A female former MP told The National that her anxieties were considerably heightened “the minute you step off the parliamentary estate” and in particular when back in her constituency.

“If you've done a good job, everyone knows what you look like and generally knows where you live, so you feel completely vulnerable,” she said.

She added that for women it was even harder because they frequently attracted “obsessive people” alongside “relentless targeting” of them on social media.

“You and your team are constantly on the alert for when does this tip over into ‘do I need to contact the police?’ territory,” she said.

In particular at MPs' surgeries, where they meet local constituents on Fridays, there is always a fear that “you don’t know if someone’s got a knife on them”. Many now hold surgeries by appointment only.

“It’s really frightening, you sort of get used to it but you're constantly worried about your family,” she added.

Home protests

One veteran Conservative MP said he had received two death threats that were taken seriously by police and led to increased security measures at his home address.

The politician was also a close friend of David Amess, who was stabbed to death by an ISIS-linked extremist while holding a constituency surgery in 2021.

But the shift to a minority of protesters demonstrating directly outside MPs' homes has outraged politicians and led to a further increase in security measures.

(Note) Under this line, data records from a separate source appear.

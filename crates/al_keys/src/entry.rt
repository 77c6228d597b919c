ghost use Rattle.std.specs.Prelude.{◌≡◌, [], ◌∷◌, Some, IfOk, OnOk, OnErr};
ghost use Rattle.al_keys.specs.Keys.{made, with_version, left_by};

use crate::KeyVersion;
use crate::search::last_standing;
use al_values::{NoMemory, Row};
use al_xacts::{Xact, Xacts};
use std::alloc::Global;
use std::marker::Model;

/// The versions under a key, in the order in which they were entered.
#[derive(Debug, Drop)]
pub struct VersionList {
    items: Vec<KeyVersion>,
}

impl Model for VersionList {
    ghost use Rattle.std.specs.Prelude.{List};
    ghost use Rattle.al_keys.specs.declared.version.KeyVersion.{KeyVersion};

    ghost Value = { List KeyVersion };

    ghost view = { λ it. it.items.items };
}

impl VersionList {
    /// One version, which nobody has removed.
    pub fn one(alloc: Global, row: u32, place: u32, maker: Xact) -> Result<VersionList, NoMemory>
        ensures { IfOk result (λ list. list ≡ made row place maker ∷ []) }
    {
        let mut items = Vec::new(alloc);
        items.push(KeyVersion {
            row,
            place,
            maker,
            remover: None,
        })?;
        Ok(VersionList { items })
    }

    /// The versions as a slice.
    pub fn as_slice(&self) -> &[KeyVersion]
        ensures { result.now ≡ self.now }
    {
        self.items.as_slice()
    }

    /// Puts a version at the end, which nobody has removed.
    pub fn add(&mut self, row: u32, place: u32, maker: Xact) -> Result<(), NoMemory>
        ensures ok { OnOk result (self.new ≡ with_version (made row place maker) self.old) }
        ensures err { OnErr result (self.new ≡ self.old) }
    {
        self.items.push(KeyVersion {
            row,
            place,
            maker,
            remover: None,
        })?;
        Ok(())
    }

    /// Notes who removes a row's newest version whose maker wasn't rolled back.
    pub fn leave(&mut self, x: Xact, row: u32, xacts: &Xacts)
        ensures { self.new ≡ left_by xacts.now.transactions x row self.old }
    {
        if let Some(place) = last_standing(&self.items, row, xacts) {
            let version = &mut self.items[place];
            note_remover(version, x);
        }
    }
}

/// Notes who has removed a version.
fn note_remover(version: &mut KeyVersion, x: Xact)
    ensures { version.new ≡ record version.old { remover = Some x } }
{
    version.remover = Some(x);
}

/// A key with its versions.
#[derive(Debug, Drop)]
pub struct Entry {
    /// The key, which has no null.
    pub key: Row,
    /// Its versions.
    pub versions: VersionList,
}
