ghost use Rattle.std.specs.Prelude.{◌≡◌, length};
ghost use Rattle.al_keys.specs.Keys.{standing};
ghost use Rattle.al_keys.specs.Kept.{IsSorted, IsPlaceOf};

use crate::order::key_order;
use crate::verdict::is_standing;
use crate::{Entry, KeyVersion};
use al_values::Value;
use al_xacts::Xacts;
use std::cmp::Ordering;

/// The place of a row's newest version whose maker wasn't rolled back.
pub fn last_standing(versions: &[KeyVersion], row: u32, xacts: &Xacts) -> Option<usize>
    ensures { result ≡ standing xacts.now.transactions versions.now row }
{
    let mut end = versions.len();
    while end > 0 {
        end -= 1;
        if is_standing(&versions[end], row, xacts) {
            return Some(end);
        }
    }
    None
}

/// The place of a key, or the place where it would stand, by bisection.
pub fn find(entries: &[Entry], key: &[Value]) -> Result<usize, usize>
    requires { IsSorted entries.now }
    ensures { IsPlaceOf entries.now key.now result }
{
    let mut low = 0;
    let mut high = entries.len();
    while low < high {
        let middle = low + (high - low) / 2;
        match key_order(entries[middle].key.as_slice(), key) {
            Ordering::Less => low = middle + 1,
            Ordering::Greater => high = middle,
            Ordering::Equal => return Ok(middle),
        }
    }
    Err(low)
}
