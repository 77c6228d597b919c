//! The keys of a table's rows: which versions of rows have a key, who is in the way of it, and which row gives it in a snapshot.
#![tactic(auto)]

mod entry;
mod index;
mod order;
mod search;
#[cfg(test)]
mod tests;
mod verdict;
mod version;

pub use entry::{Entry, VersionList};
pub use index::KeyIndex;
pub use version::{KeyVersion, Sought};
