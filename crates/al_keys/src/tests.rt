use crate::{KeyIndex, Sought};
use al_modes::Level;
use al_values::{Row, Value};
use al_xacts::{Fate, Snapshot, Xact, Xacts};
use std::process::Abort;
use std::test::Fail;

// A version of a row in the plain list: its row, its key, who made it and who removed it last.
#[derive(Drop)]
struct Plain {
    row: u32,
    key: i64,
    maker: Xact,
    remover: Option<Xact>,
}

// Three transactions, after a first one that was committed and has put in row 0 under key 0 and row 1 under key 1.
#[derive(Drop)]
struct Case {
    xacts: Xacts,
    index: KeyIndex,
    all: [Xact; 3],
    versions: Vec<Plain>,
}

fn key_of(rt: &impl AllocGlobal, number: i64) -> Result<Row, Fail> {
    let mut key = Row::new(rt.alloc());
    key.push(Value::Int(number))?;
    Ok(key)
}

fn start(rt: &(impl Abort + AllocGlobal), xacts: &mut Xacts, session: u32) -> Result<Xact, Fail> {
    assert!(rt; session < xacts.sessions());
    Ok(xacts.start(rt.alloc(), session, Level::ReadCommitted)?)
}

fn end(rt: &impl Abort, xacts: &mut Xacts, x: Xact, commits: bool) {
    assert!(rt; xacts.is_open(x));
    if commits {
        xacts.finish(x, Fate::Committed);
    } else {
        xacts.finish(x, Fate::Aborted);
    }
}

fn enter(
    rt: &(impl Abort + AllocGlobal),
    case: &mut Case,
    x: Xact,
    row: u32,
    key: i64,
) -> Result<(), Fail> {
    case.index.enter(rt.alloc(), x, key_of(rt, key)?, row, 7)?;
    case.versions.push(Plain {
        row,
        key,
        maker: x,
        remover: None,
    })?;
    Ok(())
}

fn new_case(rt: &(impl Abort + AllocGlobal)) -> Result<Case, Fail> {
    let mut xacts = Xacts::new(rt.alloc(), 4)?;
    let first = start(rt, &mut xacts, 0)?;
    let all = [
        start(rt, &mut xacts, 1)?,
        start(rt, &mut xacts, 2)?,
        start(rt, &mut xacts, 3)?,
    ];
    let mut case = Case {
        xacts,
        index: KeyIndex::new(rt.alloc()),
        all,
        versions: Vec::new(rt.alloc()),
    };
    enter(rt, &mut case, first, 0, 0)?;
    enter(rt, &mut case, first, 1, 1)?;
    end(rt, &mut case.xacts, first, true);
    Ok(case)
}

// The key of a row's newest version whose maker wasn't rolled back, if a transaction may change it; it is removed then.
fn remove(case: &mut Case, x: Xact, row: u32) -> Option<i64> {
    let mut found = None;
    for at in 0..case.versions.len() {
        let version = &case.versions[at];
        if version.row == row && !case.xacts.is_aborted(version.maker) {
            let freed = match version.remover {
                Some(remover) => case.xacts.is_aborted(remover),
                None => true,
            };
            if (version.maker == x || case.xacts.is_committed(version.maker)) && freed {
                found = Some(at);
            } else {
                found = None;
            }
        }
    }
    match found {
        Some(at) => {
            if at < case.versions.len() {
                let version = &mut case.versions[at];
                version.remover = Some(x);
                Some(version.key)
            } else {
                None
            }
        }
        None => None,
    }
}

// Gives a row another key, or the same one, or removes it, where the transaction may.
fn change(
    rt: &(impl Abort + AllocGlobal),
    case: &mut Case,
    x: Xact,
    row: u32,
    key: Option<i64>,
) -> Result<bool, Fail> {
    if !case.xacts.is_open(x) {
        return Ok(false);
    }
    match remove(case, x, row) {
        Some(old) => {
            let old = key_of(rt, old)?;
            assert!(rt; case.index.can_leave(x, &old, row, &case.xacts));
            case.index.leave(x, &old, row, &case.xacts);
        }
        None => return Ok(false),
    }
    if let Some(key) = key {
        enter(rt, case, x, row, key)?;
    }
    Ok(true)
}

// The plain program for what a transaction finds: it goes through the rows in ascending number, and through all versions.
fn plainly_sought(case: &Case, x: Xact, key: i64) -> Sought {
    for row in 0..2 {
        for version in &case.versions {
            if version.row == row && version.key == key && !case.xacts.is_aborted(version.maker) {
                let maker = version.maker;
                if maker != x && case.xacts.is_open(maker) {
                    return Sought::Open { by: maker };
                }
                match version.remover {
                    Some(remover) => {
                        if remover != x && case.xacts.is_open(remover) {
                            return Sought::Open { by: remover };
                        }
                        if case.xacts.is_aborted(remover) {
                            return Sought::Held { row };
                        }
                    }
                    None => return Sought::Held { row },
                }
            }
        }
    }
    Sought::Free
}

// The plain program for the row that gives a key in a snapshot.
fn plainly_given(case: &Case, snapshot: &Snapshot, key: i64) -> Option<u32> {
    for row in 0..2 {
        for version in &case.versions {
            if version.row == row && version.key == key {
                let gone = match version.remover {
                    Some(remover) => snapshot.sees(remover, &case.xacts),
                    None => false,
                };
                if !gone && snapshot.sees(version.maker, &case.xacts) {
                    return Some(row);
                }
            }
        }
    }
    None
}

fn check_keys(rt: &(impl Abort + AllocGlobal), case: &Case) -> Result<(), Fail> {
    for x in &case.all {
        if case.xacts.is_open(*x) {
            let snapshot = case.xacts.snapshot(rt.alloc(), *x)?;
            for number in 0..2i64 {
                let key = key_of(rt, number)?;
                let sought = case.index.seek(&key, *x, &case.xacts);
                assert_eq!(rt; sought, plainly_sought(case, *x, number));
                let given = case.index.gives(&key, &snapshot, &case.xacts);
                assert_eq!(rt; given, plainly_given(case, &snapshot, number));
            }
        }
    }
    Ok(())
}

// A step, from 0 to 23, where it can be taken: a change of a row's key, a removal or an end.
fn take_step(rt: &(impl Abort + AllocGlobal), case: &mut Case, code: u32) -> Result<bool, Fail> {
    let by = (code % 3) as usize;
    assert!(rt; by < 3);
    let x = case.all[by];
    match code / 3 {
        0 => change(rt, case, x, 0, Some(0)),
        1 => change(rt, case, x, 0, Some(1)),
        2 => change(rt, case, x, 0, None),
        3 => change(rt, case, x, 1, Some(0)),
        4 => change(rt, case, x, 1, Some(1)),
        5 => change(rt, case, x, 1, None),
        act => {
            let open = case.xacts.is_open(x);
            if open {
                end(rt, &mut case.xacts, x, act == 6);
            }
            Ok(open)
        }
    }
}

// Whether each transaction's first step comes after one by the transaction before it, so that histories that differ in the
// names of their transactions alone are taken once.
fn are_named_in_order(codes: &[u32]) -> bool {
    let mut named = 0;
    for code in codes {
        let by = code % 3;
        if by > named {
            return false;
        }
        if by == named {
            named = by + 1;
        }
    }
    true
}

// Checks a history, and says whether its steps can be taken.
fn visit(rt: &(impl Abort + AllocGlobal), codes: &[u32]) -> Result<bool, Fail> {
    if !are_named_in_order(codes) {
        return Ok(false);
    }
    let mut case = new_case(rt)?;
    for code in codes {
        if !take_step(rt, &mut case, *code)? {
            return Ok(false);
        }
    }
    check_keys(rt, &case)?;
    Ok(true)
}

// The next history: longer by a step, or with another last step.
fn advance(codes: &mut Vec<u32>, longer: bool) -> Result<(), Fail> {
    if longer {
        codes.push(0)?;
        return Ok(());
    }
    for _ in 0..codes.len() {
        match codes.pop() {
            Some(code) => {
                if code < 23 {
                    codes.push(code + 1)?;
                    return Ok(());
                }
            }
            None => return Ok(()),
        }
    }
    Ok(())
}

#[test]
fn all_short_histories(rt: HostRuntime) -> Result<(), Fail> {
    let mut codes = Vec::new(rt.alloc());
    codes.push(0)?;
    for _ in 0..1_000_000 {
        if codes.is_empty() {
            return Ok(());
        }
        let taken = visit(&rt, &codes)?;
        let longer = taken && codes.len() < 5;
        advance(&mut codes, longer)?;
    }
    assert!(rt; codes.is_empty());
    Ok(())
}

// Steps by their codes: what the first transaction does, and the second.
const REMOVES_ROW_0: u32 = 6;

const COMMITS: u32 = 18;

const ABORTS: u32 = 21;

const GIVES_ROW_0_KEY_0: u32 = 0;

const SECOND_GIVES_ROW_1_KEY_0: u32 = 10;

const SECOND_GIVES_ROW_1_KEY_1: u32 = 13;

// After some steps a transaction looks for a key, and finds it free, or a row that has it, or an open transaction.
#[derive(Clone, Copy)]
enum Looked<'a> {
    Free(&'a [u32], usize, i64),
    Held(&'a [u32], usize, i64, u32),
    Open(&'a [u32], usize, i64, usize),
}

fn xact_at(rt: &impl Abort, case: &Case, by: usize) -> Xact {
    assert!(rt; by < 3);
    case.all[by]
}

fn sought_after(
    rt: &(impl Abort + AllocGlobal),
    codes: &[u32],
    by: usize,
    key: i64,
    open: usize,
) -> Result<(Sought, Xact), Fail> {
    let mut case = new_case(rt)?;
    for code in codes {
        assert!(rt; take_step(rt, &mut case, *code)?);
    }
    let x = xact_at(rt, &case, by);
    let key = key_of(rt, key)?;
    let sought = case.index.seek(&key, x, &case.xacts);
    Ok((sought, xact_at(rt, &case, open)))
}

fn check_looked(rt: &(impl Abort + AllocGlobal), looked: Looked) -> Result<(), Fail> {
    match looked {
        Looked::Free(codes, by, key) => {
            let found = sought_after(rt, codes, by, key, 0)?;
            assert_eq!(rt; found.0, Sought::Free);
        }
        Looked::Held(codes, by, key, row) => {
            let found = sought_after(rt, codes, by, key, 0)?;
            assert_eq!(rt; found.0, Sought::Held { row });
        }
        Looked::Open(codes, by, key, open) => {
            let found = sought_after(rt, codes, by, key, open)?;
            assert_eq!(rt; found.0, Sought::Open { by: found.1 });
        }
    }
    Ok(())
}

fn check_all(rt: &(impl Abort + AllocGlobal), all: &[Looked]) -> Result<(), Fail> {
    for looked in all {
        check_looked(rt, *looked)?;
    }
    Ok(())
}

// A version is in the way of the others while its remover is open, and of nobody once that has committed.
#[test]
fn open_remover(rt: HostRuntime) -> Result<(), Fail> {
    check_all(
        &rt,
        &[
            Looked::Held(&[], 0, 0, 0),
            Looked::Open(&[REMOVES_ROW_0], 1, 0, 0),
            Looked::Free(&[REMOVES_ROW_0], 0, 0),
            Looked::Free(&[REMOVES_ROW_0, COMMITS], 1, 0),
            Looked::Held(&[REMOVES_ROW_0, ABORTS], 1, 0, 0),
            Looked::Open(&[GIVES_ROW_0_KEY_0], 1, 0, 0),
            Looked::Held(&[GIVES_ROW_0_KEY_0], 0, 0, 0),
        ],
    )
}

// Row 0 is gone, and an open transaction gives its key to row 1; then it gives that row its old key again. The version with the
// other key, which its maker has replaced, is in the way of the others still.
#[test]
fn open_maker(rt: HostRuntime) -> Result<(), Fail> {
    let made = [REMOVES_ROW_0, COMMITS, SECOND_GIVES_ROW_1_KEY_0];
    let replaced = [
        REMOVES_ROW_0,
        COMMITS,
        SECOND_GIVES_ROW_1_KEY_0,
        SECOND_GIVES_ROW_1_KEY_1,
    ];
    check_all(
        &rt,
        &[
            Looked::Open(&made, 2, 0, 1),
            Looked::Held(&made, 1, 0, 1),
            Looked::Open(&made, 2, 1, 1),
            Looked::Free(&made, 1, 1),
            Looked::Open(&replaced, 2, 0, 1),
            Looked::Free(&replaced, 1, 0),
            Looked::Open(&replaced, 2, 1, 1),
            Looked::Held(&replaced, 1, 1, 1),
        ],
    )
}

#[test]
fn keys_with_nulls_and_texts(rt: HostRuntime) -> Result<(), Fail> {
    let mut case = new_case(&rt)?;
    let x = case.all[0];
    let mut null = Row::new(rt.alloc());
    null.push(Value::Null)?;
    let mut same = Row::new(rt.alloc());
    same.push(Value::Null)?;
    case.index.enter(rt.alloc(), x, null, 5, 9)?;
    assert_eq!(rt; case.index.seek(&same, x, &case.xacts), Sought::Free);
    assert!(rt; case.index.can_leave(x, &same, 5, &case.xacts));
    case.index.leave(x, &same, 5, &case.xacts);
    // A key of another length, or of another sort of value, is another key.
    let none = Row::new(rt.alloc());
    assert_eq!(rt; case.index.seek(&none, x, &case.xacts), Sought::Free);
    let mut day = Row::new(rt.alloc());
    day.push(Value::Day(0))?;
    assert_eq!(rt; case.index.seek(&day, x, &case.xacts), Sought::Free);
    let zero = key_of(&rt, 0)?;
    assert_eq!(rt;
        case.index.seek(&zero, x, &case.xacts),
        Sought::Held { row: 0 }
    );
    Ok(())
}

Last week, up to 80 pro-Palestinian protesters gathered outside the home of Bournemouth East MP Tobias Ellwood with signs that accused him of being "complicit in genocide" in Gaza. A police security programme to protect MPs called Operation Bridger had to be called into action.

Afzal Khan, a senior Labour MP, told The National that he did not “feel at all comfortable” with the home protests.

As a former Manchester police officer for three years he was not personally intimidated by being out in public.

“MPs are entitled to have a secure home that is separate from their public lives. I've chosen to be in public life, but not my family.”

Another MP called the protests “utterly disgraceful” and “organised intimidation”.

But Mr Khan, a Manchester MP, supported the right to public protest and said politicians needed to listen to the protesters because the “tempo is going to go up” regarding the Gaza situation. He has personally received 7,500 emails on the subject.

With society more divided, Mr Khan, former chairman of the Labour Muslim Network, was also much more frequently approached by members of the public to discuss the Middle East. “I don't mind personally, but it does take a toll,” he said.

Deep worries

Throughout a raucous Prime Minister's Questions on Wednesday, the suspended MP Lee Anderson sat among fellow Tories one bench from the front, still unapologetic over his comments that he believed Islamists had control over London and Mayor Sadiq Khan, a Muslim.

Prime Minister Rishi Sunak made a direct reference to the case when he told the Commons “when I heard something I didn't agree with, I suspended him right away”.

Mr Anderson, who speculation suggests might defect to the hard-right Reform UK party, appeared to enjoy the attention by pointing to himself three times as Mr Sunak spoke.

But there is some disquiet that Mr Anderson may well have exacerbated the security threat to fellow MPs by his comments, which the Policing Minister Chris Philp said were wrong and for which he should apologise.

Given the back-slaps Mr Anderson received from a handful of Tory MPs, an apology did not appear imminent.